“大约二十年前,郑道长年轻游历之时似乎发生了什么意外,具体内情大罗天阙没有对外透露,只知道那次事件直接导致教内最具声望的二代弟子身亡…”
“啥?难道是自相残杀?”
周公子调整了一下坐姿,颇有些前排吃瓜的味道。
短短几秒钟之内,他甚至已经脑补出超过十万字左右的编外野史,就等着和当年的真相互相映照,但让周雅颂失望的是,有关此事唐同学知道的也不太多。
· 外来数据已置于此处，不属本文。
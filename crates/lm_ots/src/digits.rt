ghost use Rattle.std.specs.Prelude.{◌≡◌, ◌*◌, ◌/◌, ◌<◌, ℕ, length, slice_index};
ghost use Rattle.lm_ots.specs.OtsKind.{count_of, width_of};
ghost use Rattle.lm_ots.specs.Digits.{checksum, coef, digit, with_checksum};

use crate::OtsType;
use crate::chains::ROOM;
use ar_bytes::{write_bytes, write_u16};

// Digit `i` of `bytes`, cut into numbers of the type's width (RFC 8554, section 3.1.3).
fn coef(kind: OtsType, bytes: &[u8], i: usize) -> u8
    requires { i / (8 / width_of kind) < length bytes.now }
    ensures { result ≡ coef bytes.now i (width_of kind) }
{
    let w = kind.w() as usize;
    let per_byte = 8 / w;
    let shift = 8 - (w * (i % per_byte) + w);
    kind.last() & (bytes[i / per_byte] >> shift)
}

// The checksum of a hash (RFC 8554, section 4.4).
fn checksum(kind: OtsType, hash: &[u8; 32]) -> u16
    ensures { result ≡ checksum kind hash.now }
{
    let mut sum = 0u16;
    for i in 0..256 / kind.w() as usize {
        sum += u16::from(kind.last() - coef(kind, hash, i));
    }
    sum << kind.ls()
}

// A hash with its checksum behind it, which the digits are read from (RFC 8554, section 4.5).
#[tactic(auto, unfolding(ar_bytes::specs::RoundTrip::number_text))]
fn with_checksum(kind: OtsType, hash: &[u8; 32]) -> [u8; 34]
    ensures { result ≡ with_checksum kind hash.now }
{
    let mut digits = [0u8; 34];
    let place = write_bytes(&mut digits, 0, hash);
    write_u16(&mut digits, place, checksum(kind, hash));
    digits
}

/// The digits of a hash and its checksum, one for each chain (RFC 8554, section 4.5).
pub(crate) fn digits(kind: OtsType, hash: &[u8; 32]) -> [u8; ROOM]
    ensures { (i : ℕ) → i < count_of kind → slice_index result i ≡ digit kind hash.now i }
{
    let text = with_checksum(kind, hash);
    let mut digits = [0u8; ROOM];
    for i in 0..kind.p() {
        digits[i] = coef(kind, &text, i);
    }
    digits
}
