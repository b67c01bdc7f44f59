//! Laws of the definitions: each is the contract of a function that does nothing.

ghost use Rattle.std.specs.Prelude.{◌≡◌, ◌∷◌, [], List, ℕ, Some, replicate};
ghost use Rattle.lm_ots.specs.declared.ots_type.OtsType.TheVariants.{W1, W2, W4, W8};
ghost use Rattle.lm_ots.specs.declared.secret.OtsSecret.{OtsSecret};
ghost use Rattle.lm_ots.specs.Candidate.{candidate};
ghost use Rattle.lm_ots.specs.Digits.{checksum, coef};
ghost use Rattle.lm_ots.specs.Signing.{public_key_of, signature_of};

/// A signature leads to the public key of the key that made it.
pub fn a_signature_leads_to_its_key()
    ensures { (secret : OtsSecret) (message : List ℕ)
        → candidate secret.id secret.leaf secret.kind message (signature_of secret message)
        ≡ Some (public_key_of secret) }
{}

/// Digits and checksums are those of worked examples: two digits of the bytes 12 34 (RFC 8554, section 3.1.3), and the checksums
/// of the least hash, 8000, 6000, 3c00 and 1fe0 in hex, and of the greatest, which are 0.
pub fn digits_are_those_of_worked_examples()
    ensures bit { coef (0x12 ∷ 0x34 ∷ []) 7 1 ≡ 0 }
    ensures half_byte { coef (0x12 ∷ 0x34 ∷ []) 0 4 ≡ 1 }
    ensures least_of_bits { checksum W1 (replicate 32 0) ≡ 0x8000 }
    ensures least_of_pairs { checksum W2 (replicate 32 0) ≡ 0x6000 }
    ensures least_of_half_bytes { checksum W4 (replicate 32 0) ≡ 0x3c00 }
    ensures least_of_bytes { checksum W8 (replicate 32 0) ≡ 0x1fe0 }
    ensures greatest_of_bits { checksum W1 (replicate 32 255) ≡ 0 }
    ensures greatest_of_pairs { checksum W2 (replicate 32 255) ≡ 0 }
    ensures greatest_of_half_bytes { checksum W4 (replicate 32 255) ≡ 0 }
    ensures greatest_of_bytes { checksum W8 (replicate 32 255) ≡ 0 }
{}
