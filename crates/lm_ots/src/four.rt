ghost use Rattle.std.specs.Prelude.{◌≡◌, ◌+◌, ◌<◌, ◌≤◌, ℕ, List, [], nat_lt, if◌then◌else◌, slice_index, slice_index_or};
ghost use Rattle.lm_ots.specs.Ways.{AllLeadTo, FourLeadTo};

use crate::chains::{Chains, Four, Queue};
use hash_lanes::FourValues;

impl Four {
    /// The first four chains.
    pub(crate) fn first(chains: &Chains) -> Four
        ensures { (id : List ℕ) (leaf : ℕ) (end : ℕ → List ℕ) → AllLeadTo id leaf chains.now end
            → FourLeadTo id leaf result end }
    {
        Four {
            numbers: [0, 1, 2, 3],
            next: [
                chains.next[0],
                chains.next[1],
                chains.next[2],
                chains.next[3],
            ],
            ends: [
                chains.ends[0],
                chains.ends[1],
                chains.ends[2],
                chains.ends[3],
            ],
            values: FourValues::new(&[
                chains.values[0],
                chains.values[1],
                chains.values[2],
                chains.values[3],
            ]),
        }
    }

    /// Takes the first four chains of the queue, over those that are there.
    pub(crate) fn take_first(&mut self, chains: &Chains, queue: &Queue)
        ensures { (id : List ℕ) (leaf : ℕ) (end : ℕ → List ℕ) → AllLeadTo id leaf chains.now end
            → FourLeadTo id leaf self.old end → FourLeadTo id leaf self.new end }
    {
        for lane in 0..4 {
            self.take(chains, lane, queue.numbers[lane] as usize);
        }
    }

    /// Gives each lane whose chain is at its end the next chain of the queue, as long as there is one.
    /// Those from `waiting` on wait; it returns from where on they do then.
    pub(crate) fn refill(&mut self, chains: &mut Chains, waiting: usize, queue: &Queue) -> usize
        ensures four { (id : List ℕ) (leaf : ℕ) (end : ℕ → List ℕ)
            → AllLeadTo id leaf chains.old end
            → FourLeadTo id leaf self.old end → FourLeadTo id leaf self.new end }
        ensures others { (id : List ℕ) (leaf : ℕ) (end : ℕ → List ℕ)
            → AllLeadTo id leaf chains.old end
            → FourLeadTo id leaf self.old end → AllLeadTo id leaf chains.new end }
    {
        let mut waiting = waiting;
        for lane in 0..4 {
            if waiting < queue.len && self.ends[lane] <= self.next[lane] {
                self.put_back(chains, lane);
                self.take(chains, lane, queue.numbers[waiting] as usize);
                waiting += 1;
            }
        }
        waiting
    }

    /// Puts the chains of all lanes back.
    pub(crate) fn put_all_back(&self, chains: &mut Chains)
        ensures { (id : List ℕ) (leaf : ℕ) (end : ℕ → List ℕ) → AllLeadTo id leaf chains.old end
            → FourLeadTo id leaf self.now end → AllLeadTo id leaf chains.new end }
    {
        for lane in 0..4 {
            self.put_back(chains, lane);
        }
    }

    // Puts the chain of a lane back.
    fn put_back(&self, chains: &mut Chains, lane: usize)
        requires { lane < 4 }
        ensures { (id : List ℕ) (leaf : ℕ) (end : ℕ → List ℕ) → AllLeadTo id leaf chains.old end
            → FourLeadTo id leaf self.now end → AllLeadTo id leaf chains.new end }
    {
        let number = self.numbers[lane] as usize;
        chains.values[number] = self.values.value(lane);
        chains.next[number] = self.next[lane];
        chains.ends[number] = self.ends[lane];
    }

    // Takes a chain into a lane, over the one that is there.
    fn take(&mut self, chains: &Chains, lane: usize, number: usize)
        requires lane { lane < 4 }
        requires number { number < 268 }
        ensures { (id : List ℕ) (leaf : ℕ) (end : ℕ → List ℕ) → AllLeadTo id leaf chains.now end
            → FourLeadTo id leaf self.old end → FourLeadTo id leaf self.new end }
    {
        self.numbers[lane] = number as u16;
        self.next[lane] = chains.next[number];
        self.ends[lane] = chains.ends[number];
        self.values.put(lane, &chains.values[number]);
    }

    /// How many steps there are until the first of the chains that are not at their end is there: 0 where all are.
    pub(crate) fn steps_together(&self) -> u8 {
        let mut least = 0;
        for lane in 0..4 {
            let left = self.ends[lane].saturating_sub(self.next[lane]);
            if left != 0 && (least == 0 || left < least) {
                least = left;
            }
        }
        least
    }

    /// A step of each chain that is not at its end.
    #[inline(always)]
    pub(crate) fn step(&mut self, id: &[u8; 16], leaf: u32)
        ensures { (end : ℕ → List ℕ) → FourLeadTo id.now leaf self.old end
            → FourLeadTo id.now leaf self.new end }
    {
        let moves = [
            self.next[0] < self.ends[0],
            self.next[1] < self.ends[1],
            self.next[2] < self.ends[2],
            self.next[3] < self.ends[3],
        ];
        self.values
            .step_where(id, &[leaf; 4], &self.numbers, &self.next, &moves);
        self.next = [
            next_of(self.next[0], self.ends[0]),
            next_of(self.next[1], self.ends[1]),
            next_of(self.next[2], self.ends[2]),
            next_of(self.next[3], self.ends[3]),
        ];
    }
}

// The step behind `step`, or `step` where the chain is at its end.
#[inline(always)]
fn next_of(step: u8, end: u8) -> u8
    ensures { result ≡ (if nat_lt step end then step + 1 else step) }
{
    if step < end { step + 1 } else { step }
}
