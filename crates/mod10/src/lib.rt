// The check digit of a run of digits by modulo 10, recursive.

#![tactic(auto)]

ghost use Rattle.std.specs.Prelude.{true, ◌++◌, ◌≡◌, ◌+◌, ◌-◌, ◌%◌, ◌<◌, get_or};
ghost use Rattle.sieve.specs.Bytes.{every};
ghost use Rattle.sieve.specs.Letters.{digit};
ghost use Rattle.sieve.specs.Mod10.{next_carry, check_digit, checks10};

// The next carry at carry plus digit, twice in a row, so that of a sum below 20 no remainder by 10 is taken.
const NEXT_CARRY: [u8; 20] = [0, 9, 4, 6, 8, 2, 7, 1, 3, 5, 0, 9, 4, 6, 8, 2, 7, 1, 3, 5];

// What a digit stands for. A byte below the digits counts as 0.
fn digit_value(x: u8) -> u8
    ensures { result ≡ x - 48 }
{
    x.saturating_sub(b'0')
}

// The carry c after one digit more. The table is lent, since each function that names a constant array stores it anew.
fn next_carry(table: &[u8; 20], c: u8, x: u8) -> u8
    requires { (c < 10) × (table.now ≡ next_carry ++ next_carry) }
    ensures { result ≡ get_or next_carry ((c + (x - 48)) % 10) 0 }
{
    let sum = c + digit_value(x);
    if sum < 20 {
        return table[sum as usize];
    }
    table[(sum % 10) as usize]
}

// The carry c after a digit.
fn carry_after(table: &[u8; 20], c: u8, x: u8) -> u8
    requires { (c < 10) × (table.now ≡ next_carry ++ next_carry) × (digit x ≡ true) }
    ensures { result ≡ get_or next_carry ((c + (x - 48)) % 10) 0 }
{
    table[(c + (x - b'0')) as usize]
}

// The check digit, as a byte, that a carry leaves. Under carry 0 it is 0 and not 10.
fn due(c: u8) -> u8
    requires { c < 10 }
    ensures { result ≡ 48 + (10 - c) % 10 }
{
    48 + (10 - c) % 10
}

// Modulo 10, recursive: the check digit, as a byte, that a run of digits asks for.
pub fn check_digit(s: &[u8]) -> u8
    ensures { result ≡ check_digit s.now }
{
    let table = NEXT_CARRY;
    let mut c = 0;
    for x in s {
        c = next_carry(&table, c, *x);
    }
    due(c)
}

// What `check_digit` answers of bytes that are known to be digits: none of them is told from other bytes.
pub fn check_digit_of_digits(s: &[u8]) -> u8
    requires { every digit s.now ≡ true }
    ensures { result ≡ check_digit s.now }
{
    let table = NEXT_CARRY;
    let mut carry = 0;
    for x in s {
        carry = carry_after(&table, carry, *x);
    }
    due(carry)
}

// Whether the 27th digit is the one that the first 26 ask for. A shorter text has none, and more after it is not read.
pub fn checks10(s: &[u8]) -> bool
    ensures { result ≡ checks10 s.now }
{
    if s.len() < 27 {
        return false;
    }
    s[26] == check_digit(&s[0..26])
}
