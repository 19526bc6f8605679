ghost use Rattle.std.specs.Prelude.{◌≡◌, ◌<◌, ◌≤◌, [], IfOk, None, OnErr, OnOk, Some, length};
ghost use Rattle.qx_machine.specs.Pipes.{pipe_of};
ghost use Rattle.qx_isolation.specs.Rows.{row_at};
ghost use Rattle.qx_shared.specs.Shared.{pipes_of, with_row_at};
ghost use Rattle.qx_types.specs.declared.limits.TheConstants.Limits.{INODES};
ghost use Rattle.demo_managers.specs.Null.{opened_at};
ghost use Rattle.demo_managers.specs.Bell as bell;

use crate::blocks::Blocks;
use qx_machine::{Caller, Opened};
use qx_resmgr::State;
use qx_shared::Shared;
use qx_types::{Coid, Errno, NoMemory, User};
use std::alloc::Global;
use std::marker::Model;

/// What the manager keeps for a user: its open control blocks, and the inode of the user in whose pipe its calls wait.
#[derive(Drop)]
pub struct Bell {
    pub(crate) user: User,
    pub(crate) inode: u32,
    pub(crate) blocks: Blocks,
}

impl Model for Bell {
    ghost use Rattle.demo_managers.specs.Bell as bell;

    ghost Value = { bell.KeptBells };

    ghost view = { λ b. record { user = b.user.0; inode = b.inode; blocks = b.blocks } };
}

/// What the manager's functions work on: the blocks, and who waits. It stands in contracts alone.
pub struct Bells;

impl Model for Bells {
    ghost use Rattle.std.specs.Prelude.{[], None};
    ghost use Rattle.qx_machine.specs.Pipes.{pipe_of};
    ghost use Rattle.demo_managers.specs.Bell as bell;

    ghost Value = { bell.Bells };

    ghost view = { λ _. record { blocks = []; place = pipe_of None [] [] [] } };
}

impl State<Shared, Bells> for Bell {
    ghost told = { bell.bells_told };

    ghost shared = { bell.bells_shared };

    ghost fits = { bell.HasOwnPlace };

    ghost same = { bell.SamePlace };
}

impl Bell {
    /// Nothing is open, and nobody waits. The inode is one that has no pipe: in what all users share its calls wait as in a
    /// pipe that they read.
    pub fn new(alloc: Global, shared: &mut Shared, user: User, inode: u32) -> Result<Self, NoMemory>
        requires user { user.0 < length shared.old.pipes }
        requires inode { inode ≤ INODES }
        requires none { row_at (pipes_of shared.old user.0) inode ≡ None }
        ensures bell { IfOk result (λ b. b ≡ bell.new_bell user.0 inode) }
        ensures place { OnOk result (shared.new ≡ with_row_at shared.old user.0 inode (Some (pipe_of None [] [] []))) }
        ensures fits { IfOk result (λ b. bell.HasOwnPlace b shared.new) }
        ensures err { OnErr result (shared.new ≡ shared.old) }
    {
        let blocks = Blocks::new(alloc)?;
        shared.add_pipe(user, inode, None)?;
        // Tells that each inode has a place for its pipe.
        let _is_there = shared.has_pipe(user, inode);
        Ok(Bell {
            user,
            inode,
            blocks,
        })
    }

    /// What a caller's connection with a block of that number has open; EBADF where there is no such block.
    pub fn opened(
        &self,
        caller: Caller,
        coid: Coid,
        number: u16,
        moment: u64,
    ) -> Result<Opened, Errno>
        ensures opened { result ≡ opened_at self.now.blocks caller coid number moment }
    {
        self.blocks.opened(caller, coid, number, moment)
    }
}
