//! Two resource managers as anybody may write them (`docs/MANAGER.md`): the null manager, from which nothing is ever read, and
//! whatever is written to it is gone; and the bell, whose reads wait, each until somebody writes.
//!
//! - `blocks.rt`: the open control blocks of a user
//! - `kept.rt`: what the null manager keeps for a user, and what its tables work on
//! - `null.rt`: its functions
//! - `bell.rt`, `ringing.rt`: what the bell keeps; its functions
//!
//! `Null.antt` and `Bell.antt` have their tables.
#![tactic(auto)]

mod bell;
mod blocks;
mod kept;
mod null;
mod ringing;

pub use bell::{Bell, Bells};
pub use blocks::Blocks;
pub use kept::{Kept, Told};
pub use null::Null;
pub use ringing::Ringing;
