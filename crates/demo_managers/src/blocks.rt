ghost use Rattle.std.specs.Prelude.{◌≡◌, [], ◌∷◌, None, IfOk, OnErr, OnOk, is_some, slice_set};
ghost use Rattle.qx_isolation.specs.Rows.{put_row, row_at};
ghost use Rattle.demo_managers.specs.Null as null;

use qx_machine::{Caller, Ocb, Opened};
use qx_rows::places;
use qx_types::{Coid, Errno, Limits, NoMemory};
use std::alloc::{AllocError, Global};
use std::marker::Model;

/// A user's open control blocks, from 1 to 256.
#[derive(Drop)]
pub struct Blocks {
    rows: Vec<Option<Ocb>>,
}

impl Model for Blocks {
    ghost use Rattle.demo_managers.specs.Null as null;

    ghost Value = { null.Blocks };

    ghost view = { λ b. b.rows.items };
}

impl Blocks {
    /// Nothing is open.
    pub fn new(alloc: Global) -> Result<Self, NoMemory>
        ensures none { IfOk result (λ blocks. blocks ≡ None ∷ []) }
    {
        Ok(Blocks {
            rows: places::empty(alloc)?,
        })
    }

    /// Whether there is a block of that number.
    pub fn has(&self, number: u16) -> bool
        ensures has { result ≡ is_some (row_at self.now number) }
    {
        places::row(self.rows.as_slice(), number as usize).is_some()
    }

    /// What a caller's connection with a block of that number has open; EBADF where there is no such block.
    pub fn opened(
        &self,
        caller: Caller,
        coid: Coid,
        number: u16,
        moment: u64,
    ) -> Result<Opened, Errno>
        ensures opened { result ≡ null.opened_at self.now caller coid number moment }
    {
        places::row(self.rows.as_slice(), number as usize).ok_or(Errno::EBADF)?;
        Ok(Opened {
            process: caller.process,
            thread: caller.thread,
            coid,
            is_asked: caller.is_asked,
            number,
            call: caller.call,
            moment,
        })
    }

    /// The number that a new block gets; ENFILE where there are too many.
    pub fn free_number(&self) -> Result<u16, Errno>
        ensures number { result ≡ null.free_number self.now }
    {
        let number = places::lowest_free(self.rows.as_slice(), 1);
        if number > Limits::BLOCKS {
            return Err(Errno::ENFILE);
        }
        Ok(number as u16)
    }

    /// Puts a block under a number. It may want memory.
    pub fn put(&mut self, number: u16, block: Ocb) -> Result<(), AllocError>
        ensures ok { OnOk result (self.new ≡ put_row self.old number block) }
        ensures err { OnErr result (self.new ≡ self.old) }
    {
        places::put(&mut self.rows, number as usize, block)
    }

    /// Takes away the block of a number.
    pub fn free(&mut self, number: u16)
        ensures freed { self.new ≡ slice_set self.old number None }
    {
        places::free(&mut self.rows, number as usize);
    }
}
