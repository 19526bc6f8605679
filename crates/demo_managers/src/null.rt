ghost use Rattle.demo_managers.specs.Null.{null_connect, null_io};

use crate::kept::{Kept, Told};
use qx_machine::{Conditions, Effect, Event, NewDup, NewOpen, Ocb, Opened, PulseWish, Wish};
use qx_notify::AllEvents;
use qx_resmgr::{Connect, Done, Io, no_function};
use qx_rows::{Reply, Room};
use qx_types::{Errno, Limits, NotifyAction, Whence};
use qx_wire::Rest;
use std::alloc::AllocError;

/// The null manager.
pub struct Null;

impl Connect<Kept, AllEvents, Told> for Null {
    ghost connect = { λ _. null_connect };

    fn open(
        &self,
        state: &mut Kept,
        _waits: &mut AllEvents,
        over: Result<NewOpen, Errno>,
        rest: &Rest<'_>,
        wish: Wish,
    ) -> Result<Result<Done, Errno>, AllocError> {
        let over = match over {
            Ok(over) => over,
            Err(error) => return Ok(Err(error)),
        };
        if rest.components().next().is_some() {
            return Ok(Err(Errno::ENOENT));
        }
        let number = match state.blocks.free_number() {
            Ok(number) => number,
            Err(error) => return Ok(Err(error)),
        };
        let block = Ocb {
            inode: over.root,
            flags: wish.flags,
            offset: 0,
            uses: 1,
            client: over.client,
        };
        state.blocks.put(number, block)?;
        Ok(Ok(Done::Reply {
            status: over.coid.0 as u64,
            effect: Effect::Opens {
                coid: over.coid,
                block: number,
            },
        }))
    }

    fn stat(
        &self,
        _state: &mut Kept,
        _waits: &mut AllEvents,
        _root: Result<u32, Errno>,
        _rest: &Rest<'_>,
        _moment: u64,
        _reply: &mut Reply,
    ) -> Result<Done, Errno> {
        no_function()
    }

    fn unlink(
        &self,
        _state: &mut Kept,
        _waits: &mut AllEvents,
        _root: Result<u32, Errno>,
        _rest: &Rest<'_>,
        _moment: u64,
    ) -> Result<Done, Errno> {
        no_function()
    }

    fn rename(
        &self,
        _state: &mut Kept,
        _waits: &mut AllEvents,
        _root: Result<u32, Errno>,
        _from: &Rest<'_>,
        _to: &Rest<'_>,
        _moment: u64,
    ) -> Result<Done, Errno> {
        no_function()
    }

    fn mknod(
        &self,
        _state: &mut Kept,
        _waits: &mut AllEvents,
        _root: Result<u32, Errno>,
        _mode: u16,
        _rest: &Rest<'_>,
        _moment: u64,
    ) -> Result<Result<Done, Errno>, AllocError> {
        Ok(no_function())
    }
}

impl Io<Kept, AllEvents, Told> for Null {
    ghost use Rattle.demo_managers.specs.Null.{MayArm, got_events};

    ghost io = { λ _. null_io };

    ghost wants = { λ _ opened bytes. got_events };

    ghost ready = { MayArm };

    fn read(
        &self,
        _state: &mut Kept,
        _waits: &mut AllEvents,
        opened: Result<Opened, Errno>,
        _count: u32,
        _reply: &mut Reply,
        _room: &mut Option<Room>,
    ) -> Result<Done, Errno> {
        opened?;
        Ok(Done::keeps(0))
    }

    fn write(
        &self,
        _state: &mut Kept,
        _waits: &mut AllEvents,
        opened: Result<Opened, Errno>,
        bytes: &[u8],
        _room: &mut Option<Room>,
    ) -> Result<Result<Done, Errno>, AllocError> {
        Ok(opened.map(|_| Done::keeps(bytes.len() as u64)))
    }

    fn close(
        &self,
        state: &mut Kept,
        waits: &mut AllEvents,
        opened: Result<Opened, Errno>,
    ) -> Result<Done, Errno> {
        let opened = opened?;
        state.blocks.free(opened.number);
        waits.disarm(state.user, opened.number);
        Ok(Done::Reply {
            status: 0,
            effect: Effect::Closes(opened.coid),
        })
    }

    fn dup(
        &self,
        _state: &mut Kept,
        _waits: &mut AllEvents,
        _dup: Result<NewDup, Errno>,
    ) -> Result<Done, Errno> {
        no_function()
    }

    fn lseek(
        &self,
        _state: &mut Kept,
        _waits: &mut AllEvents,
        _opened: Result<Opened, Errno>,
        _whence: Whence,
        _offset: i64,
    ) -> Result<Done, Errno> {
        no_function()
    }

    fn fstat(
        &self,
        _state: &mut Kept,
        _waits: &mut AllEvents,
        _opened: Result<Opened, Errno>,
        _reply: &mut Reply,
    ) -> Result<Done, Errno> {
        no_function()
    }

    fn list(
        &self,
        _state: &mut Kept,
        _waits: &mut AllEvents,
        _opened: Result<Opened, Errno>,
        _after: &[u8],
        _reply: &mut Reply,
    ) -> Result<Done, Errno> {
        no_function()
    }

    fn chmod(
        &self,
        _state: &mut Kept,
        _waits: &mut AllEvents,
        _opened: Result<Opened, Errno>,
        _mode: u16,
    ) -> Result<Done, Errno> {
        no_function()
    }

    fn notify(
        &self,
        state: &mut Kept,
        waits: &mut AllEvents,
        opened: Result<Opened, Errno>,
        action: NotifyAction,
        wish: PulseWish,
    ) -> Result<Result<Done, Errno>, AllocError> {
        let opened = match opened {
            Ok(opened) => opened,
            Err(error) => return Ok(Err(error)),
        };
        if !state.blocks.has(opened.number) {
            return Ok(Err(Errno::EBADF));
        }
        let event = Event {
            process: opened.process,
            block: opened.number,
            conditions: wish.conditions,
            code: wish.code,
            value: wish.value,
        };
        let holding = Conditions {
            input: true,
            output: true,
        };
        let given = waits.notify(Limits::EVENTS, state.user, action, event, holding)?;
        Ok(given.map(Done::keeps))
    }
}
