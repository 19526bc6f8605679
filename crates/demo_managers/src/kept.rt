ghost use Rattle.std.specs.Prelude.{◌≡◌, IfOk};
ghost use Rattle.demo_managers.specs.Null as null;

use crate::blocks::Blocks;
use qx_notify::AllEvents;
use qx_resmgr::State;
use qx_types::{NoMemory, User};
use std::alloc::Global;
use std::marker::Model;

/// What the manager keeps for a user.
#[derive(Drop)]
pub struct Kept {
    pub user: User,
    pub blocks: Blocks,
}

impl Model for Kept {
    ghost use Rattle.demo_managers.specs.Null as null;

    ghost Value = { null.Kept };

    ghost view = { λ k. record { user = k.user.0; blocks = k.blocks } };
}

/// What the manager's tables work on: the blocks, and the user's events. It stands in contracts alone.
pub struct Told;

impl Model for Told {
    ghost use Rattle.std.specs.Prelude.{[]};
    ghost use Rattle.qx_machine.specs.Events.{no_events};
    ghost use Rattle.demo_managers.specs.Null as null;

    ghost Value = { null.Told };

    ghost view = { λ _. record { blocks = []; events = no_events } };
}

impl State<AllEvents, Told> for Kept {
    ghost told = { null.told };

    ghost shared = { null.shared };

    ghost fits = { null.HasUser };

    ghost same = { null.SameUser };
}

impl Kept {
    /// Nothing is open.
    pub fn new(alloc: Global, user: User) -> Result<Self, NoMemory>
        ensures none { IfOk result (λ kept. kept ≡ null.nothing_kept user.0) }
    {
        Ok(Kept {
            user,
            blocks: Blocks::new(alloc)?,
        })
    }
}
“我不是说过吗?关于此事的详情万象宗师道没有向外界透露,真相除了当事人之外自然无人得知。不过按老爷子说给我听的版本,至少有一点是可以肯定的。”
“?”
“当年将郑棹方擒回天姥山,甚至后来将他锁禁在门中的,正是石高峰石道长本人…”唐浩顿了顿,深深叹了口气“这一困,就是二十年啊。”
“嚯!本来以为吃不到瓜了,没想到这么劲爆!如此说,石高峰这回死在老山龙洞,他这位‘郑师弟’得到消息恐怕是要喜大普奔了?”
将心比心,被人囚禁了20多年,是个正常人恐怕都得心理扭曲!更别说这位郑道长多年以前就曾经害死了一位同门师兄,怎么看也不像善类。
这时候找他出山帮忙,只怕事儿还没办就要祸起萧墙!
“拉倒拉倒,这人听着就不靠谱,你还指望他力挽狂澜?”
“不是我指望,而是大罗天阙如今也没有更好的选择了…况且两年前我曾经跟老爷子去过一趟天姥山,依当时的情况看,这位郑道长似乎不像什么奸恶之徒。”
“不是说这家伙被关了禁闭吗?你是怎么见着的?”
“大罗天阙虽然将郑棹方锁闭门内,但毕竟不是找条链子绑住拴进大牢…我和老爷子路过仙人洞游赏时曾见其在山巅吐纳运气,观其修行不仅吐气成箭内息绵长,而且形容整肃,不似奸邪妖人。”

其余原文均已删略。